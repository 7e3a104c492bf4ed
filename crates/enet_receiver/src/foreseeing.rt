//! How many packets a command would dispatch.

ghost use Rattle.std.specs.Prelude.{◌≡◌, ◌≤◌, []};
ghost use Rattle.enet_receiver.specs.ReceiverParts.{receiver_of};
ghost use Rattle.enet_receiver.specs.Private.Walk.{pieces_at, is_fresh, fresh_at, walk, walked};

use crate::held::Held;
use enet_packets::Waiting;
use enet_seq::after;

/// How many packets are held at most, and so in how many turns they are dispatched.
const MOST_TURNS: u32 = 65_534;

/// The packet that a command would make whole.
#[derive(Clone, Copy)]
pub(crate) struct Completed {
    /// Whether it is held, and else waits.
    pub reliable: bool,
    /// The number under which it is held, or for which it waits.
    pub place: u16,
    /// Its unreliable number.
    pub unreliable: u16,
    /// How many pieces it has.
    pub pieces: u32,
}

/// How many pieces the packet of this number has, if it is whole.
fn pieces_at(completed: Option<Completed>, held: &Held, number: u16) -> Option<u32>
    ensures { result ≡ pieces_at completed held.now number }
{
    if let Some(packet) = completed
        && packet.reliable
        && packet.place == number
    {
        return Some(packet.pieces);
    }
    let coming = held.get(number)?;
    if coming.making.is_whole() {
        Some(coming.making.count())
    } else {
        None
    }
}

/// Whether the packet that is made whole goes with this number, and is not before the first that is dispatched.
fn is_fresh(completed: Option<Completed>, number: u16, first: u32) -> bool
    ensures { result ≡ is_fresh completed number first }
{
    match completed {
        None => false,
        Some(packet) => {
            !packet.reliable && packet.place == number && first <= u32::from(packet.unreliable)
        }
    }
}

/// How many unreliable packets go with this number, from the first unreliable number on.
fn fresh_at(completed: Option<Completed>, waiting: &Waiting, number: u16, first: u32) -> u32
    ensures count { result ≡ fresh_at completed waiting.now number first }
    ensures few { result ≤ 65537 }
{
    waiting.fresh_count(number, first) + u32::from(is_fresh(completed, number, first))
}

/// How many packets the whole ones just past the front are, with the unreliable ones that go with them.
fn chain_count(completed: Option<Completed>, held: &Held, waiting: &Waiting, front: u16) -> u32
    ensures { result ≡ walk MOST_TURNS completed held.now waiting.now front }
{
    let mut count = 0;
    let mut last = front;
    for _turn in 0..MOST_TURNS {
        let Some(pieces) = pieces_at(completed, held, after(last, 1)) else {
            return count;
        };
        last = after(last, (pieces % 65_536) as u16);
        count += 1 + fresh_at(completed, waiting, last, 0);
    }
    count
}

/// How many packets are dispatched, once one is made whole.
pub(crate) fn dispatches(
    completed: Option<Completed>,
    held: &Held,
    waiting: &Waiting,
    front: u16,
    unreliable: u16,
) -> u32
    ensures { result ≡ walked MOST_TURNS completed (receiver_of front unreliable held.now waiting.now []) }
{
    let chain = chain_count(completed, held, waiting, front);
    if chain > 0 {
        chain
    } else {
        fresh_at(completed, waiting, front, u32::from(unreliable) + 1)
    }
}
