//! Where a piece goes that is taken in.

ghost use Rattle.std.specs.Prelude.{◌≡◌, ◌+◌, ◌≤◌, ◌<◌, ◌^◌, IsTrue, OnOk, OnErr, IfOk, length, true, false, None};
ghost use Rattle.std.specs.FinMap.{get, insert, len};
ghost use Rattle.std.specs.VecDeque.{deque_len, deque_capacity};
ghost use Rattle.enet_fragment.specs.Place.{is_sound};
ghost use Rattle.enet_fragment.specs.DataCommand.{place_in_packet};
ghost use Rattle.enet_packets.specs.Packets.{line_at, with_line, packets_in};
ghost use Rattle.enet_receiver.specs.ArrivingData.{data_command};
ghost use Rattle.enet_receiver.specs.DataOutcome.{agrees_with, came, came_at, earlier_or_new, with_more};
ghost use Rattle.enet_receiver.specs.Private.ReceiverParts.{holding, with_stored};

use crate::arriving_data::ArrivingData;
use crate::held::Held;
use enet_codec::Refusal;
use enet_fragment::PartialPacket;
use enet_packets::{Dispatched, IncomingPacket, Waiting};
use std::alloc::Global;
use std::collections::VecDeque;

/// Makes room for all that is held or waits and one packet more to be dispatched.
pub(crate) fn make_room(
    held: &Held,
    waiting: &Waiting,
    dispatched: &mut VecDeque<Dispatched>,
) -> bool
    requires { len held.now + packets_in waiting.now < 2 ^ 63 }
    ensures items { dispatched.new.items ≡ dispatched.old.items }
    ensures room { IsTrue result → deque_len dispatched.new + (len held.now + packets_in waiting.now + 1) ≤ deque_capacity dispatched.new }
{
    dispatched
        .reserve(held.len() + waiting.packets() + 1)
        .is_ok()
}

/// For so many packets room to dispatch them stays, however few are held or wait.
const STAYING_ROOM: usize = 64;

/// Gives the room to dispatch packets back, where nothing is dispatched and it is for over four times as many as are held or wait. So a
/// channel on which many were held or waited, and aren't any more, keeps no room for them.
pub(crate) fn give_room_back(
    alloc: Global,
    held: &Held,
    waiting: &Waiting,
    dispatched: &mut VecDeque<Dispatched>,
)
    ensures { dispatched.new.items ≡ dispatched.old.items }
{
    let room = dispatched.capacity();
    if room > STAYING_ROOM && dispatched.is_empty() {
        let packets = held.len().saturating_add(waiting.packets());
        if packets < room / 4 {
            *dispatched = VecDeque::new(alloc);
        }
    }
}

/// The packet of which this is the first piece that came.
pub(crate) fn begun(alloc: Global, arriving: ArrivingData<'_>) -> Result<IncomingPacket, Refusal>
    requires short { length arriving.payload.now < 2 ^ 32 }
    requires sound { IsTrue (is_sound (place_in_packet (data_command arriving))) }
    ensures { IfOk result (λ coming. coming ≡ with_more (earlier_or_new None (data_command arriving.entry)) (data_command arriving.entry)) }
{
    let making = PartialPacket::first(alloc, arriving.place(), arriving.payload)?;
    Ok(IncomingPacket {
        flags: arriving.flags(),
        making,
    })
}

/// Adds a piece to the reliable packet of this number.
fn hold(
    alloc: Global,
    held: &mut Held,
    number: u16,
    arriving: ArrivingData<'_>,
) -> Result<(), Refusal>
    requires short { length arriving.payload.now < 2 ^ 32 }
    requires sound { IsTrue (is_sound (place_in_packet (data_command arriving))) }
    requires agrees { agrees_with (get held.old number) (data_command arriving) ≡ true }
    requires missing { came (get held.old number) (data_command arriving) ≡ false }
    ensures ok { OnOk result (held.new ≡ insert held.old number (with_more (earlier_or_new (get held.old number) (data_command arriving.entry)) (data_command arriving.entry))) }
    ensures err { OnErr result (held.new ≡ held.old) }
{
    if held.get(number).is_some() {
        return held.add(number, arriving.place(), arriving.payload);
    }
    let coming = begun(alloc, arriving)?;
    held.insert(number, coming)
}

/// Adds a piece to the unreliable packet that waits for this number.
fn wait(
    alloc: Global,
    waiting: &mut Waiting,
    number: u16,
    arriving: ArrivingData<'_>,
) -> Result<(), Refusal>
    requires short { length arriving.payload.now < 2 ^ 32 }
    requires sound { IsTrue (is_sound (place_in_packet (data_command arriving))) }
    requires agrees { agrees_with (get (line_at waiting.old number) arriving.unreliable) (data_command arriving) ≡ true }
    requires missing { came (get (line_at waiting.old number) arriving.unreliable) (data_command arriving) ≡ false }
    ensures ok { OnOk result (waiting.new ≡ with_line waiting.old number (insert (line_at waiting.old number) arriving.entry.unreliable
        (with_more (earlier_or_new (get (line_at waiting.old number) arriving.entry.unreliable) (data_command arriving.entry)) (data_command arriving.entry)))) }
    ensures room { OnOk result (packets_in waiting.new ≤ packets_in waiting.old + 1) }
    ensures err { OnErr result (waiting.new ≡ waiting.old) }
{
    if waiting.get(number, arriving.unreliable).is_some() {
        return waiting.add(
            number,
            arriving.unreliable,
            arriving.place(),
            arriving.payload,
        );
    }
    let coming = begun(alloc, arriving)?;
    waiting.insert(number, arriving.unreliable, coming)
}

/// Adds a piece to its packet, where memory is not refused.
pub(crate) fn store(
    alloc: Global,
    held: &mut Held,
    waiting: &mut Waiting,
    number: u16,
    arriving: ArrivingData<'_>,
) -> bool
    requires short { length arriving.payload.now < 2 ^ 32 }
    requires sound { IsTrue (is_sound (place_in_packet (data_command arriving))) }
    requires agrees { agrees_with (came_at (holding held.old waiting.old) (data_command arriving) number) (data_command arriving) ≡ true }
    requires missing { came (came_at (holding held.old waiting.old) (data_command arriving) number) (data_command arriving) ≡ false }
    ensures stored { IsTrue result → holding held.new waiting.new ≡ with_stored (holding held.old waiting.old) (data_command arriving.entry) number }
    ensures room { IsTrue result → len held.new + packets_in waiting.new ≤ len held.old + packets_in waiting.old + 1 }
    ensures held { result ≡ false → held.new ≡ held.old }
    ensures waiting { result ≡ false → waiting.new ≡ waiting.old }
{
    if arriving.reliable {
        hold(alloc, held, number, arriving).is_ok()
    } else {
        wait(alloc, waiting, number, arriving).is_ok()
    }
}
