//! What waits for room in the sink.

use enet_codec::Event;

/// What waits for room in the sink. While an event of the host does, the host isn't asked for its next one, and orders are taken. While a
/// refusal does, no order is taken, since the next one might be refused, too: so there is a place for each refusal.
#[derive(Drop)]
pub struct Waiting {
    /// An event that the host told.
    pub event: Option<Event>,
    /// An event that says that an order was refused.
    pub refusal: Option<Event>,
}

impl Waiting {
    ghost use Rattle.std.specs.Prelude.{◌≡◌, ◌||◌, is_some};
    ghost use Rattle.enet_turn.specs.Phases.{nothing_waits};

    /// Nothing waits.
    pub fn nothing() -> Waiting
        ensures { result ≡ nothing_waits }
    {
        Waiting {
            event: None,
            refusal: None,
        }
    }

    /// Whether something waits.
    pub fn is_some(&self) -> bool
        ensures { result ≡ (is_some self.now.event || is_some self.now.refusal) }
    {
        self.event.is_some() || self.refusal.is_some()
    }
}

§ **The task**
Within the records above, tally the lines that contain "taken". Give the total and nothing more.

§ **Answer to this problem**
3